Nobody understands this better than Lori Davis, Ohio’s amateur ambassador for the “unfound.” Her Facebook page publicizes the missing people that “Dateline” and “20/20” won’t touch, small-town stories that lack the luster of a JonBenét Ramsey or Maura Murray. “Social media has helped bring these cases to the public’s attention,” she tells me. “I had no clue there were so many. I have met many families with missing loved ones, and it has become a passion of mine — to be their voice.”
Brian’s disappearance became Lori’s pet project: “I heard his case on the evening news. I couldn’t believe a 6-foot-2 man could just vanish.” She contacted Randy and struck up a friendship; they organized prayer vigils; they spoke on the phone just minutes before he died. “It’s been incredibly hard to keep the amount of attention on Brian’s case that his father was able to generate. I’m not a relative, so it’s very hard to get updates from the detectives.”
Lori witnessed Randy’s darkest moments and his quest for clues: “It was heartbreaking to watch a father suffer, not knowing what happened to his son.” Somebody, somewhere, she says, knows what happened: “I feel that one or more of the people out with Brian on the night of his disappearance hold the answers. I pray every single night that the guilt will become overbearing. That answers will come. I hope that at one point, they will talk and bring closure to a family that has waited far too long for the truth.”

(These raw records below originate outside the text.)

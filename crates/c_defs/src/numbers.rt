// Numbers of names: which is the first of a list with a name.
ghost use Rattle.std.specs.Prelude.{◌≡◌, List, ℕ, IfOk, OnOk, OnErr, Some, None, bytes_eq};
ghost use Rattle.std.specs.Map.{update};
ghost use Rattle.std.specs.Option.{IsSome};
ghost use Rattle.c_defs.specs.Numbers.{number_in};

use crate::digests::digest;
use std::alloc::{AllocError, Global};
use std::collections::BTreeMap;

/// Names with their numbers. A name is found in the time of a look-up in an ordered map, whose keys mostly differ in their digests.
#[derive(Drop)]
pub struct Numbers<'a> {
    of: BTreeMap<(u32, &'a [u8]), u32>,
}

impl<'a> Numbers<'a> {
    /// No names.
    pub fn new(alloc: Global) -> Numbers<'a>
        ensures { (t : List ℕ) → number_in result t ≡ None }
    {
        Numbers {
            of: BTreeMap::new(alloc),
        }
    }

    /// The number of a name.
    pub fn find(&self, name: &'a [u8]) -> Option<u32>
        ensures { result ≡ number_in self.now name.now }
    {
        self.of.get(&(digest(name), name)).copied()
    }

    /// Gives a name this number, and answers the one that it had before.
    pub fn replace(&mut self, name: &'a [u8], number: u32) -> Result<Option<u32>, AllocError>
        ensures before { IfOk result (λ n. n ≡ number_in self.old name.now) }
        ensures ok { OnOk result ((t : List ℕ) → number_in self.new t ≡ update bytes_eq (number_in self.old) name.now (Some number) t) }
        ensures err { OnErr result ((t : List ℕ) → number_in self.new t ≡ number_in self.old t) }
    {
        match self.of.insert((digest(name), name), number) {
            Ok(before) => Ok(before),
            Err(_) => Err(AllocError),
        }
    }

    /// Gives a name this number, also where it had another.
    pub fn set(&mut self, name: &'a [u8], number: u32) -> Result<(), AllocError>
        ensures ok { OnOk result ((t : List ℕ) → number_in self.new t ≡ update bytes_eq (number_in self.old) name.now (Some number) t) }
        ensures err { OnErr result ((t : List ℕ) → number_in self.new t ≡ number_in self.old t) }
    {
        match self.replace(name, number) {
            Ok(_) => Ok(()),
            Err(e) => Err(e),
        }
    }

    /// Gives a name, which has a number, the one that it had before.
    pub fn restore(&mut self, name: &'a [u8], before: Option<u32>)
        requires { IsSome (number_in self.old name.now) }
        ensures { (t : List ℕ) → number_in self.new t ≡ update bytes_eq (number_in self.old) name.now before t }
    {
        let key = (digest(name), name);
        match before {
            Some(n) => match self.of.insert(key, n) {
                Ok(_) => {}
                Err(_) => unreachable!(),
            },
            None => {
                let _ = self.of.remove(&key);
            }
        }
    }
}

That truth has become muddled with myth: Brian Shaffer was once a missing person; now he’s that guy who vanished on camera. His image plays out, not on a screen in a police department, but on YouTube compilations: “5 Mysteries That Will Scare You,” “5 Unexplained Disappearances With Mysterious CCTV Footage.” He’s an internet meme, pixels on a monitor.
Derek recalls a simpler time: “I remember going to the beach as a family every year. We would always go out at night with flashlights and look for crabs. That is a memory I always remember. My family was all together. We always had fun.” Today, he lives in Pickerington, Ohio, close to where his parents died and his brother disappeared. He got married. He has a son. He’s still looking for answers: “There’s been nothing for years now,” he says.
Brian’s disappearance is an enduring puzzle. One with few clues. “Usually, with a missing person, there will be signs,” says Lori. “Their vehicle will be found. Or their wallet. Or their cell phone will bring answers. None of that has worked in Brian’s case.
“How can a person just disappear, with no trace of what happened to them?